Run through the data and copy out every line that mentions the word "Whether".
*** RECORDS FOR THIS TASK ***
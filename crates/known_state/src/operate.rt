//! The operators (IEEE 1364-2001, clause 4.1): what is the same for all values of the bits that are not sure.

ghost use Rattle.std.specs.Prelude.{◌≡◌, ◌↔◌, ◌&&◌, not, true, false, length, replicate, None, IsTrue};
ghost use Rattle.std.specs.Bool.{OnTrue};
ghost use Rattle.four_state.specs.Vector.{Vector, all_known};
ghost use Rattle.four_state.specs.Operators.{unary_value, unary_vector, unary_keeps_sign, binary_value, binary_vector, binary_keeps_sign, takes_same_shape, choice_value, choice_vector};
ghost use Rattle.known_state.specs.Partly.{allows, filled, whole_of, is_whole, blame_of, with_blame};
ghost use Rattle.known_state.specs.Agreed.{agreed as agreed_bits, both_agreed as both_agreed_bits};
ghost use Rattle.known_state.specs.Answers.{IsTight, HaveSameShape, allow_both, is_shift as is_shift_operator};
ghost use Rattle.known_state.specs.Join.{first_blame};

use crate::Known;
use four_state::{Binary, Bit, Four, Unary};

/// What an operator with one operand gives for all 0, all 1 and all x at the bits that are not sure.
fn agreed(op: Unary, a: &Known) -> Known
    ensures { result ≡ with_blame (agreed_bits (unary_value op) a.now.bits) (unary_keeps_sign op && a.now.signed) a.now.blame }
{
    if a.is_whole() {
        return Known::whole(Four::unary(op, &a.value()));
    }
    Known::whole(Four::unary(op, &a.filled(Bit::Zero)))
        .narrowed(Four::unary(op, &a.filled(Bit::One)), a.blame())
        .narrowed(Four::unary(op, &a.filled(Bit::X)), a.blame())
}

/// What an operator with two operands gives for a few values of the bits that are not sure: all 0, all 1, 0 on the
/// left and 1 on the right, all x, and for each operand the bits of the other.
fn both_agreed(op: Binary, a: &Known, b: &Known) -> Known
    requires { OnTrue (takes_same_shape op) (HaveSameShape a.now b.now) }
    ensures { result ≡ with_blame (both_agreed_bits (binary_value op a.now.signed) a.now.bits b.now.bits) (binary_keeps_sign op && a.now.signed) (first_blame a.now b.now) }
{
    if a.is_whole() && b.is_whole() {
        return Known::whole(Four::binary(op, &a.value(), &b.value()));
    }
    let blame = Known::first_blame(a, b);
    let low = a.filled(Bit::Zero);
    let (zeros, ones) = (b.filled(Bit::Zero), b.filled(Bit::One));
    Known::whole(Four::binary(op, &low, &zeros))
        .narrowed(Four::binary(op, &a.filled(Bit::One), &ones), blame)
        .narrowed(Four::binary(op, &low, &ones), blame)
        .narrowed(
            Four::binary(op, &a.filled(Bit::X), &b.filled(Bit::X)),
            blame,
        )
        .narrowed(
            Four::binary(op, &a.filled_from(&zeros), &b.filled_from(&low)),
            blame,
        )
}

/// Whether an operator is a shift by an amount of which some bit is not sure, and none is sure to be x or z.
fn has_unsure_amount(op: Binary, amount: &Known) -> bool
    ensures { result ≡ (is_shift_operator op && (not (is_whole amount.now) && all_known (filled Bit.Zero amount.now.bits))) }
{
    let is_shift = matches!(
        op,
        Binary::ShiftLeft
            | Binary::ShiftRight
            | Binary::ArithmeticShiftLeft
            | Binary::ArithmeticShiftRight
    );
    is_shift && !amount.is_whole() && amount.value().is_known()
}

impl Known {
    /// Whether two vectors have equal widths and signs.
    pub fn has_same_shape(&self, other: &Known) -> bool
        ensures { IsTrue result ↔ HaveSameShape self.now other.now }
    {
        self.width() == other.width() && self.is_signed() == other.is_signed()
    }

    /// What an operator with one operand gives. A bit is sure exactly where it is the same for all allowed values.
    pub fn unary(op: Unary, a: &Known) -> Known
        ensures sound { (v : Vector) → IsTrue (allows a.now v) → IsTrue (allows result (unary_vector op v)) }
        ensures tight { IsTight (allows a.now) (λ v. unary_value op v.bits) result.bits }
        ensures exact { (v : Vector) → a.now ≡ whole_of v → result ≡ whole_of (unary_vector op v) }
        ensures blame { is_whole result ≡ false → result.blame ≡ a.now.blame }
    {
        agreed(op, a)
    }

    /// What an operator with two operands gives. They have equal widths and signs, except with a shift, `&&` or `||`.
    /// A bit is sure exactly where it is the same for all allowed values; of a shift by an amount that is not sure, and
    /// of which no bit is sure to be x or z, none is.
    pub fn binary(op: Binary, a: &Known, b: &Known) -> Known
        requires { OnTrue (takes_same_shape op) (HaveSameShape a.now b.now) }
        ensures sound { (v w : Vector) → IsTrue (allows a.now v) → IsTrue (allows b.now w) → IsTrue (allows result (binary_vector op v w)) }
        ensures unsure_shift { (is_shift_operator op && (not (is_whole b.now) && all_known (filled Bit.Zero b.now.bits))) ≡ true → result.bits ≡ replicate (length a.now.bits) None }
        ensures tight { (is_shift_operator op && (not (is_whole b.now) && all_known (filled Bit.Zero b.now.bits))) ≡ false → IsTight (allow_both a.now b.now) (λ p. binary_value op p.0.signed p.0.bits p.1.bits) result.bits }
        ensures exact { (v w : Vector) → a.now ≡ whole_of v → b.now ≡ whole_of w → result ≡ whole_of (binary_vector op v w) }
        ensures blame { is_whole result ≡ false → result.blame ≡ first_blame a.now b.now }
    {
        if has_unsure_amount(op, b) {
            Known::unknown(a.width(), a.is_signed(), Known::first_blame(a, b))
        } else {
            both_agreed(op, a, b)
        }
    }
}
***
**SOLUTION TO THIS EXERCISE:**
/// Whether an operator is a shift by an amount of which some bit is not sure, and none is sure to be x or z.
    /// Whether two vectors have equal widths and signs.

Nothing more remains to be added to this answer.